Data Logger / RC communication: Subruns skipped due to latency, resulting in empty (no events and no metadata) size 0 files in the middle of a run
Louise determined that this is an issue where DataLogger does not respond to an RC new subrun request in time, which causes an additional request to be issued causing two subruns to be opened simultaneously but only one of them actually written to. Additionally the contiguous subruns ending up with potentially incorrect time information given that this introduces a skew between the accounting of "current subrun" by RunControl and DataLogger. The first of these two subruns never gets closed. In these cases it is possible that the last subrun in the run also gets corrupted.
Hopefully a change in the timeout for DataLogger could fix this issue.
#1 Updated by Keith Matera over 3 years ago
Jon looked through RunControl, found the function (CreateNewSubrun) which calls DataLogger--identified structure that allowed DataLogger to be issued two subrun rollover commands in the case that it failed to respond in X amount of time (was 5 seconds, now increased to 10). Two proposed solutions: stop run under this condition (voted down by Jon and Keith), or modify the method in some way. Jon suggested that a logic solution in the code was likely to take a few hours, and that simply increasing the wait time from 5 seconds to 10 seconds might patch the problem for now. Changes documented in ECL 73891 . Jon cautions that even a 5 second wait time is a very long time to wait for files to be written; suggests that a network latency problem is likely contributing to this error condition in a big way.
"Increasing Resource Manager --> DataLogger --> Resource Timeout Time value from 5 seconds to 10 seconds.
Changing RunControl Wait Time for Message Retry from 5001 ms to 10000 ms."
Current status: see how Ganglia metrics are affected (fewer missing files?) and see whether fewer of the corrupted / size 0 files are produced in future runs. Will want a permanent (code logic) solution at some point, to prevent this from becoming a problem again later on.
#2 Updated by Keith Matera over 3 years ago
Trying to keep this information together so that we can figure it out.
Latency should be increased to 25 s to match known timeout on the raid controller that we hit.
Known to whom? I hadn’t heard of this.

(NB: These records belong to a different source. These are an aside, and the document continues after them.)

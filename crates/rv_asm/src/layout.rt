//! From the items of a program to bytes and addresses.

ghost use Rattle.std.specs.Prelude.{◌≡◌, ◌<◌, ◌≤◌, [], ◌∷◌, ◌++◌, ◌^◌, length, IfOk, OnOk, IsSome, IfSome};
ghost use Rattle.std.specs.List.{All};
ghost use Rattle.std.specs.Int.{w32, to_le_bytes};
ghost use Rattle.rv_isa.specs.Word.{Fits, word_of};
ghost use Rattle.rv_asm.specs.Item.{words, IsSound, IsNear};
ghost use Rattle.rv_asm.specs.Layout.{place_of, code_at, code_from, bytes_of, addresses};

use crate::item::Item;
use crate::pair::Pair;
use rv_isa::{Ins, Op, encode};
use smlc_base::NoMemory;
use std::alloc::Global;

/// The place of a label.
fn place_of(places: &[Option<u64>], label: u32) -> u64
    requires made { label < length places.now }
    requires bound { All IsSome places.now }
    requires placed { All (λ place. IfSome place IsNear) places.now }
    ensures value { result ≡ place_of places.now label }
    ensures near { IsNear result }
{
    match places[label as usize] {
        Some(place) => place,
        None => unreachable!(),
    }
}

/// Puts the instruction's four bytes last.
fn write_ins(bytes: &mut Vec<u8>, ins: Ins) -> Result<(), NoMemory>
    requires { Fits ins }
    ensures { OnOk result (bytes.new.items ≡ bytes.old.items ++ to_le_bytes w32 (word_of ins)) }
{
    bytes.extend_from_slice(&encode(ins).to_le_bytes())?;
    Ok(())
}

/// Puts the two instructions last.
fn write_pair(bytes: &mut Vec<u8>, first: Ins, second: Ins) -> Result<(), NoMemory>
    requires first { Fits first }
    requires second { Fits second }
    ensures { OnOk result (bytes.new.items ≡ bytes.old.items ++ bytes_of (first ∷ second ∷ [])) }
{
    write_ins(bytes, first)?;
    write_ins(bytes, second)
}

/// Puts the item's instructions last, where `here` instructions stand before it.
fn write_item(
    bytes: &mut Vec<u8>,
    item: Item,
    here: u64,
    places: &[Option<u64>],
) -> Result<(), NoMemory>
    requires sound { IsSound (length places.now) item }
    requires bound { All IsSome places.now }
    requires placed { All (λ place. IfSome place IsNear) places.now }
    requires here { IsNear here }
    ensures { OnOk result (bytes.new.items ≡ bytes.old.items ++ bytes_of (code_at places.now here item)) }
{
    match item {
        Item::Plain(ins) => write_ins(bytes, ins),
        Item::Jump(label) => {
            let pair = Pair::between(here, place_of(places, label));
            let first = Ins::u_type(Op::Auipc, 31, pair.upper);
            let second = Ins::i_type(Op::Jalr, 0, 31, pair.lower);
            write_pair(bytes, first, second)
        }
        Item::Address(rd, label) => {
            let pair = Pair::between(here, place_of(places, label));
            let first = Ins::u_type(Op::Auipc, rd, pair.upper);
            let second = Ins::i_type(Op::Addi, rd, rd, pair.lower);
            write_pair(bytes, first, second)
        }
    }
}

/// The bytes of the items.
pub fn bytes_of(alloc: Global, items: &[Item], places: &[Option<u64>]) -> Result<Vec<u8>, NoMemory>
    requires sound { All (IsSound (length places.now)) items.now }
    requires bound { All IsSome places.now }
    requires placed { All (λ place. IfSome place IsNear) places.now }
    requires near { IsNear (words items.now) }
    ensures { IfOk result (λ bytes. bytes.items ≡ bytes_of (code_from places.now 0 items.now)) }
{
    let mut bytes = Vec::new(alloc);
    let mut here = 0;
    for item in items {
        write_item(&mut bytes, *item, here, places)?;
        here += item.size();
    }
    Ok(bytes)
}

/// The addresses of the labels in code that begins at `base`.
pub fn addresses(alloc: Global, base: u64, places: &[Option<u64>]) -> Result<Vec<u64>, NoMemory>
    requires bound { All IsSome places.now }
    requires placed { All (λ place. IfSome place IsNear) places.now }
    requires base { base ≤ 2 ^ 63 }
    ensures { IfOk result (λ at. at.items ≡ addresses base places.now) }
{
    let mut at = Vec::new(alloc);
    for place in places {
        match place {
            Some(place) => at.push(base + 4 * *place)?,
            None => unreachable!(),
        }
    }
    Ok(at)
}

Is this something that will be fixed? 25 s is a really long time for RC to be completely unresponsive. [I will note that the unresponsiveness feature can be improved, but this will require some code changes + tests.]
I wonder if instead the DL should immediately respond that it got the message, and if it fails after some time to close the file it can send an error back to the RC via a StatusRequest message. But we also need to think about how we want to deal with this; is it catastrophic enough to require an EndRun from RC?
Regardless, one way or another we need to figure out a safe way for the DL and RC to remain synced in terms of subrun number.